Purpose of the Study:
- To engineer a three-dimensional (3D) human tissue cancer model that recapitulates key features of tumor progression.
- To establish a platform for rapid screening of cancer therapeutics and identification of clinically relevant gene signatures.
Main Methods:
- Primary human epithelial cells from various sites were transformed using tumor-associated genetic pathways within a 3D tissue environment.
- The engineered organotypic tissues incorporated cell-populated stroma and intact basement membranes.
- Gene expression profiles were analyzed and compared between 3D models and spontaneous human cancers.
Main Results:
- Engineered tissues exhibited natural tumor progression features, including basement membrane invasion, potentiated by stromal cells.

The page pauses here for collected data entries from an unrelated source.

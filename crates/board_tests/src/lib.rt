//! Tests of a board that plays, all through the calls of a bank. What each expects is written out by hand from the
//! rules.
#![tactic(auto)]

#[cfg(test)]
mod buffers;
#[cfg(test)]
mod by_hand;
#[cfg(test)]
mod calls;
#[cfg(test)]
mod events;
#[cfg(test)]
mod gates;
#[cfg(test)]
mod judging;
#[cfg(test)]
mod modes;
#[cfg(test)]
mod power_on;
#[cfg(test)]
mod registers;
#[cfg(test)]
mod resets;
#[cfg(test)]
mod stations;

- Oncogenic signaling in 3D models closely resembled gene expression profiles of spontaneous human cancers, unlike 2D cultures.
- Screening of 3D organotypic neoplasia with pathway inhibitors identified a clinically faithful cancer gene signature.
Conclusions:
- Multitissue 3D human tissue cancer models offer an efficient and relevant complement to existing cancer research approaches.
- These models facilitate the assessment of numerous potential cancer therapeutic targets in a biologically accurate context.
- The developed models show promise for accelerating cancer drug discovery and development.